Wilcox claimed in the "nice soft lighting of the Clinic's studio" that he "genuinely mistook the slow moving wrinkled decrepid old hag" Largeassets for his master and hirer Robinson (with which the judge sympathised) and tried to immediately administer the botox jab to save his hirers blushes as Wilcox alleges that his hirer was "a frightfully vain old man" and without thinking he swung his arm but as usual missed the target.SOCO revealed that Wilcox was in fact aiming for Largeassest's thigh. Futher investigations found that Wilcox had a long track record of the same misdemeanor namely - missing his target by a country mile.

At Derby Crown Court, both men were found guilty of conspiring to cause grievous bodily harm to Largeassets and obtain copious amounts of male cosmetics by deception. Wilcox suffered a further charge on possession of viagra which he alleged was simply to stiffen up his throwing arm.

Robinson requested further offences be taken into account and was susequently also found guilty of being a woefully inept rugby player, impersonating a number 6 and threatening behaviour towards Wilcox whom he later claimed obtained cash and certain favours by deception and deceived him. When questioned on this by the judge Robinson later claimed Wilcox had told him he could deliver the botox 'throw' (street vocabulary for jab) with pinpoint and consistant accuracy however it turned out Wilcox too did indeed have a long history of deception on this subject and medical experts concurred that in fact Wilcox couldn't hit a barn door with a dart from 5 cm.

Both men will be sentenced in March.

Detective Superintendent Bob Plod said it had been a complex and disturbing investigation with millions of dollars of cosmetics and age defying products found hidden at Robinsons luxury mansion in nearby Castle Donnington and his holiday homes in Marbella and Florida. Further investigations also revealed that the recent pollution of the nearby River Trent was down to a leakage of illegal strength fake tan and vitamin suppliments from Robinsons garage.

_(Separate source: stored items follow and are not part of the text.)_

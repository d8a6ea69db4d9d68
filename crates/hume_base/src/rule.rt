ghost use Rattle.std.specs.Prelude.{◌≡◌};
ghost use Rattle.hume_base.specs.Rules.{code_of, phase_of};

/// A rule that a program may break. Each has a code that never changes (docs/REFUSALS.md).
#[derive(Clone, Copy, Debug, PartialEq, Eq)]
pub enum Rule {
    /// No token, space or comment starts here.
    C10,
    /// A number is over 18446744073709551615.
    C11,
    /// A name has more than 32 bytes.
    C12,
    /// The source isn't a program.
    C20,
    /// A name is declared again.
    C30,
    /// A name is unknown.
    C31,
    /// A function calls itself, directly or through others.
    C32,
    /// A data type holds itself, directly or through others.
    C33,
    /// Something has no type.
    C40,
    /// A number is outside of its type.
    C41,
    /// There are too many or too few of something, or a width, a length or a depth is out of bounds.
    C42,
    /// A variable is bound twice in one place.
    C43,
    /// A `*` stands where no output does.
    C44,
    /// A wire's first value isn't a constant of its type.
    C45,
    /// No wire leads to an input, or to a stream that goes out.
    C50,
    /// A second wire leads to one place.
    C51,
    /// No wire comes from an output, or from a stream that comes in.
    C52,
    /// A second wire comes from one place.
    C53,
    /// The ends of a wire have different types, or both are streams.
    C54,
    /// A stream's port isn't handed in, is the source's, or is an earlier stream's.
    C55,
    /// The united programs pass a limit, or their boxes may take too much together.
    C56,
    /// A stream's port is the source of another program, or a stream's of an earlier one.
    C57,
    /// A rule of the box may raise what the box doesn't handle.
    C60,
    /// A handler may raise.
    C61,
    /// The source has more than 262,144 bytes.
    C70,
    /// The source has more than 65,536 tokens.
    C71,
    /// The program, a box, a function or a constructor has too many parts.
    C72,
    /// A type has more than 1,024 words.
    C73,
    /// The wires hold more than 65,536 words together.
    C74,
    /// A box may take more than 65,536 words of heap.
    C75,
    /// A box may take more than 16,384 words of stack.
    C76,
    /// An expression, a pattern or a type is more than 64 deep.
    C77,
    /// The boxes may take more than 4,194,304 words of heap and stack together.
    C78,
    /// A box may take more than 1,000,000 instructions for a step.
    C79,
    /// A line of the script asks for no step of the program.
    C90,
    /// The rule calls no function that can be unfolded, or the result would be more than 1,024 deep.
    C91,
    /// The output of the rule can't be named so.
    C92,
    /// The box is fair, or no rule comes after this one.
    C93,
    /// Some values fit both rules.
    C94,
}

impl Rule {
    pub fn code(&self) -> u32
        ensures { result ≡ code_of self.now }
    {
        match self {
            Rule::C10 => 10,
            Rule::C11 => 11,
            Rule::C12 => 12,
            Rule::C20 => 20,
            Rule::C30 => 30,
            Rule::C31 => 31,
            Rule::C32 => 32,
            Rule::C33 => 33,
            Rule::C40 => 40,
            Rule::C41 => 41,
            Rule::C42 => 42,
            Rule::C43 => 43,
            Rule::C44 => 44,
            Rule::C45 => 45,
            Rule::C50 => 50,
            Rule::C51 => 51,
            Rule::C52 => 52,
            Rule::C53 => 53,
            Rule::C54 => 54,
            Rule::C55 => 55,
            Rule::C56 => 56,
            Rule::C57 => 57,
            Rule::C60 => 60,
            Rule::C61 => 61,
            Rule::C70 => 70,
            Rule::C71 => 71,
            Rule::C72 => 72,
            Rule::C73 => 73,
            Rule::C74 => 74,
            Rule::C75 => 75,
            Rule::C76 => 76,
            Rule::C77 => 77,
            Rule::C78 => 78,
            Rule::C79 => 79,
            Rule::C90 => 90,
            Rule::C91 => 91,
            Rule::C92 => 92,
            Rule::C93 => 93,
            Rule::C94 => 94,
        }
    }

    /// The phase in which it is asked, from 1. A rule of an earlier phase is told first.
    pub fn phase(&self) -> u32
        ensures { result ≡ phase_of self.now }
    {
        match self {
            Rule::C10 => 2,
            Rule::C11 => 2,
            Rule::C12 => 2,
            Rule::C20 => 3,
            Rule::C30 => 4,
            Rule::C31 => 4,
            Rule::C32 => 4,
            Rule::C33 => 4,
            Rule::C40 => 6,
            Rule::C41 => 6,
            Rule::C42 => 5,
            Rule::C43 => 5,
            Rule::C44 => 5,
            Rule::C45 => 6,
            Rule::C50 => 8,
            Rule::C51 => 8,
            Rule::C52 => 8,
            Rule::C53 => 8,
            Rule::C54 => 8,
            Rule::C55 => 11,
            Rule::C56 => 11,
            Rule::C57 => 11,
            Rule::C60 => 9,
            Rule::C61 => 9,
            Rule::C70 => 1,
            Rule::C71 => 2,
            Rule::C72 => 7,
            Rule::C73 => 7,
            Rule::C74 => 7,
            Rule::C75 => 10,
            Rule::C76 => 10,
            Rule::C77 => 3,
            Rule::C78 => 10,
            Rule::C79 => 10,
            Rule::C90 => 11,
            Rule::C91 => 11,
            Rule::C92 => 11,
            Rule::C93 => 11,
            Rule::C94 => 11,
        }
    }
}

/// A broken rule, and the line in which it is broken, counted from 1.
#[derive(Clone, Copy, Debug, PartialEq, Eq)]
pub struct Refusal {
    pub rule: Rule,
    pub line: u32,
}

"Receptionists at male beauty clinics everyhere still feel threatened," he said. "They wonder if they will ever sleep easy if Robinson's cosmetic enhancement addition is not quoshed", he also added that the general public need not worry about Wilcox as he has been "sent to rehab in an attempt to straighten his delivery out" but sadly he didn't hold out much hope on that score.

Before being taken away the judge asked Robinson for any last requests and he was asked for a luxury cell, unlimited supplies of peroxide and russian hair extensions, denture cream, clinque extra strength moisturiser for the more weathered man, daily facials & colonics, red sea hot mud wrap and hourly sunbed sessions oh and the odd cuban cigar.